The wider context of the first half of 2 Corinthians is that Paul is wanting to reconcile with the church. Draw a line and leave all of the unpleasantness in the past.

As Paul writes about things such as hope and treasure and faith, this is a reconstruction of teaching on how to live as Christians. It is notably less specific than 1 Corinthians – Paul appears to have learned a lesson from the response he got to his letter, and now is exploring the big picture, focussed more on the things of God than the things of earth.

There are some very familiar passages in this early chunk of 2 Corinthians, but to understand them in light of Paul’s experience with the church helps open them up.

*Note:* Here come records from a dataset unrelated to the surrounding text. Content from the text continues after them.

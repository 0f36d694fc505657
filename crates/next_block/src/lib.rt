// The levels of calls: the way from one block of a walk to the next. Refusals 8, 9 and 13.
#![tactic(auto)]

ghost use Rattle.std.specs.Prelude.{◌≡◌, ◌≤◌, length};
ghost use Rattle.levels.specs.Options.{is_call};
ghost use Rattle.next_block.specs.Levels.{BehindBlocks, Sheets, Between, Reaches};

use model::FIRST_LINE;
use outcome::{Reason, Refusal};
use sheet::Rows;
use walk::Walk;

// Where the walk comes to between two blocks: the level and row of the next block, or the end of sheet 0, each with the calls made and
// the A rows met.
#[derive(Clone, Copy)]
pub enum Reached {
    Block {
        level: usize,
        row: usize,
        calls: usize,
        choices: usize,
    },
    End {
        calls: usize,
        choices: usize,
    },
}

// A row that calls: C, or A.
#[tactic(auto, unfolding(levels::specs::Options::is_call))]
fn is_call(letter: u8) -> bool
    ensures { result ≡ is_call letter }
{
    letter == b'C' || letter == b'A'
}

// The first row from `row` on that is no B row: an empty block costs its row alone.
// Kept out of line: in line, each turn keeps its letter for the caller, one instruction of six.
#[inline(never)]
fn behind_blocks(kind: &[u8], rows: usize, row: usize) -> usize
    requires rows_in_bounds { rows ≤ length kind.now }
    requires row_le_rows { row ≤ rows }
    ensures { BehindBlocks kind.now rows row result }
{
    for at in row..rows {
        if kind[at] != b'B' {
            return at;
        }
    }
    rows
}

// From a row on, the open block being empty, to the next row of a block, through calls and ends of sheets, or to refusal 8, 9 or 13.
// The options are those of a list of eight, as a number.
pub fn next_block(
    rows: &Rows,
    options: usize,
    from: &mut [usize],
    mut level: usize,
    mut at: usize,
    mut calls: usize,
    mut choices: usize,
) -> Result<Reached, Refusal>
    requires sheets { Sheets options rows.now.kind.now rows.now.one.now rows.now.two.now rows.now.count rows.now.start.now }
    requires between { Between options rows.now.kind.now rows.now.one.now rows.now.two.now rows.now.count from.old level at calls }
    ensures { Reaches options rows.now.kind.now rows.now.one.now rows.now.two.now rows.now.count from.old level at calls choices result from.new }
{
    // Not a `for`: calls and the ends of sheets lead from row to row.
    loop {
        if walk::in_block(rows.kind, rows.count, at) {
            return Ok(Reached::Block {
                level,
                row: at,
                calls,
                choices,
            });
        }
        let letter = levels::letter_at(rows.kind, rows.count, at);
        if is_call(letter) {
            let line = at + FIRST_LINE;
            if level == model::LEVELS {
                return Err(Reason::Depth.at(line));
            }
            if Walk::CALLS_MOST <= calls {
                return Err(Reason::Calls.at(line));
            }
            if calls::is_ninth(letter, choices) {
                return Err(Reason::Choices.at(line));
            }
            let sheet = calls::called_sheet(letter, rows.one, rows.two, at, options, choices);
            choices = calls::choices_behind(letter, choices);
            calls += 1;
            from[level] = at;
            level += 1;
            at = levels::start_of(rows.start, sheet);
            continue;
        }
        if letter == b'S' {
            if level == 0 {
                return Ok(Reached::End { calls, choices });
            }
            level -= 1;
            at = from[level] + 1;
            continue;
        }
        at = behind_blocks(rows.kind, rows.count, at + 1);
    }
}
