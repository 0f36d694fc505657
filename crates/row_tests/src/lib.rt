// Tests of rows, word by word: whether an event of a row is in a mask and among those given.
#![tactic(auto)]

ghost use Rattle.std.specs.Prelude.{◌≡◌, ◌+◌, ◌*◌, ◌≤◌, length};
ghost use Rattle.relation.specs.Width.{width, word_bits};
ghost use Rattle.run.specs.State.{in_row};
ghost use Rattle.row_tests.specs.Tests.{none_of_row, none_in};

use relation::WIDTH;

// No event of row y is both in the mask and among those given.
pub fn apart(words: &[u64], y: usize, masks: &[u64], mask: usize, given: &[u64]) -> bool
    requires width_in_bounds { y * width + width ≤ length words.now }
    requires width_in_bounds_2 { mask * width + width ≤ length masks.now }
    requires width_in_bounds_3 { width ≤ length given.now }
    ensures { result ≡ none_of_row (word_bits * width) width words.now y masks.now mask (in_row given.now) }
{
    let row = y * WIDTH;
    let board = mask * WIDTH;
    for i in 0..WIDTH {
        let at = row + i;
        let by = board + i;
        if words[at] & masks[by] & given[i] != 0 {
            return false;
        }
    }
    true
}

// No event of the mask is in row y of those given.
pub fn none_of(masks: &[u64], mask: usize, given: &[u64], y: usize) -> bool
    requires width_in_bounds { mask * width + width ≤ length masks.now }
    requires width_in_bounds_2 { y * width + width ≤ length given.now }
    ensures { result ≡ none_in (word_bits * width) width masks.now mask given.now y }
{
    let board = mask * WIDTH;
    let row = y * WIDTH;
    for i in 0..WIDTH {
        let by = board + i;
        let at = row + i;
        if masks[by] & given[at] != 0 {
            return false;
        }
    }
    true
}
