// What the choice lists decide: free if every list's sheet is free, else the first locked list; a refusal in any list comes before any lock.
#![tactic(auto)]

ghost use Rattle.std.specs.Prelude.{Ok, ◌≡◌, ◌*◌, ◌<◌, ◌≤◌, length, take};
ghost use Rattle.model.specs.Limits.{channels, choices_most, messages_most, trace_least};
ghost use Rattle.model.specs.Answer.{verdict_of};
ghost use Rattle.model.specs.Choice.{lists_of, lock_in, judged_over};
ghost use Rattle.relation.specs.Width.{width};
ghost use Rattle.relation.specs.Scenario.{scenario_in};
ghost use Rattle.sheet.specs.Columns.{rows_in};
ghost use Rattle.levels.specs.Options.{options_of};
ghost use Rattle.scenario.specs.Contract.{Fit};
ghost use Rattle.expansion.specs.Lent.{AreLent};
ghost use Rattle.choice_lists.specs.Walked.{LockAt};
ghost use Rattle.choice_verdict.specs.Judged.{answer_on, Judged};

use choice_answer::Choice;
use outcome::Refusal;
use sheet::Rows;
use verdict::Verdict;

// What is decided of the scenario of a list of so many options, which is in boards and words.
fn decide_list(
    words: &[u64],
    boards: &[u8],
    count: usize,
    list: usize,
    met: usize,
    code: usize,
    trace: &mut [u8],
) -> Choice
    requires fit { Fit count boards.now words.now }
    requires met_le_choices_most { (met ≤ choices_most) × (code < channels) × (trace_least ≤ length trace.old) }
    ensures { Judged (answer_on (take met (options_of list)) (verdict_of (scenario_in count boards.now words.now) code)) trace.old trace.new (Ok result) }
{
    match verdict::decide(words, boards, count, code, trace) {
        Verdict::Free => Choice::Free,
        Verdict::Locked(message, event, steps) => Choice::Locked {
            message,
            event,
            steps,
            met,
            number: choice_answer::choices_of(list, met),
        },
    }
}

// The first locked list is walked once more, for its steps.
fn lock_list(
    rows: &Rows,
    list: usize,
    code: usize,
    boards: &mut [u8],
    words: &mut [u64],
    trace: &mut [u8],
) -> Result<Choice, Refusal>
    requires rows_read { AreLent rows.now }
    requires lock_at { LockAt (rows_in rows.now) code list }
    requires code_lt_channels { (code < channels) × (trace_least ≤ length trace.old) }
    requires boards_len { (length boards.old ≡ 2 * messages_most) × (length words.old ≡ 2 * messages_most * width) }
    ensures { Judged (lock_in (rows_in rows.now) code (lists_of (rows_in rows.now))) trace.old trace.new result }
{
    let counted = expansion::expand_list(rows, list, boards, words)?;
    Ok(decide_list(
        words,
        boards,
        counted.messages,
        list,
        counted.choices,
        code,
        trace,
    ))
}

// The rows: all lists are walked; the trace is written when none was refused, for the first locked one.
pub fn judge_lists(
    rows: &Rows,
    code: usize,
    boards: &mut [u8],
    words: &mut [u64],
    trace: &mut [u8],
) -> Result<Choice, Refusal>
    requires rows_read { AreLent rows.now }
    requires code_lt_channels { (code < channels) × (trace_least ≤ length trace.old) }
    requires boards_len { (length boards.old ≡ 2 * messages_most) × (length words.old ≡ 2 * messages_most * width) }
    ensures { Judged (judged_over (rows_in rows.now) code (lists_of (rows_in rows.now))) trace.old trace.new result }
{
    // Not a `?`: the edit rows_for_the_line changes what is handed on here.
    let walked = match choice_lists::walk_lists(rows, code, boards, words) {
        Ok(walked) => walked,
        Err(refusal) => return Err(refusal),
    };
    match walked.first {
        Some(first) => lock_list(rows, first, code, boards, words, trace),
        None => Ok(decide_list(
            words,
            boards,
            walked.messages,
            walked.list,
            walked.met,
            code,
            trace,
        )),
    }
}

So if anyone is in Christ, there is a new creation: everything old has passed away; look, new things have come into being! 18 All this is from God, who reconciled us to himself through Christ and has given us the ministry of reconciliation; - 2 Cor 5:17-18

So as you read through 1 and 2 Corinthians, possibly one into the other, we need to recognise that a lot did happen between the two that help shape how we understand what is being said.

The tone, structure and purpose of 2 Corinthians are different to 1 Corinthians.

This second letter (or fourth overall) is Paul’s way of defending himself and his teaching, at the same time as trying to re-ground the Corinthian church in who God is and who Jesus is.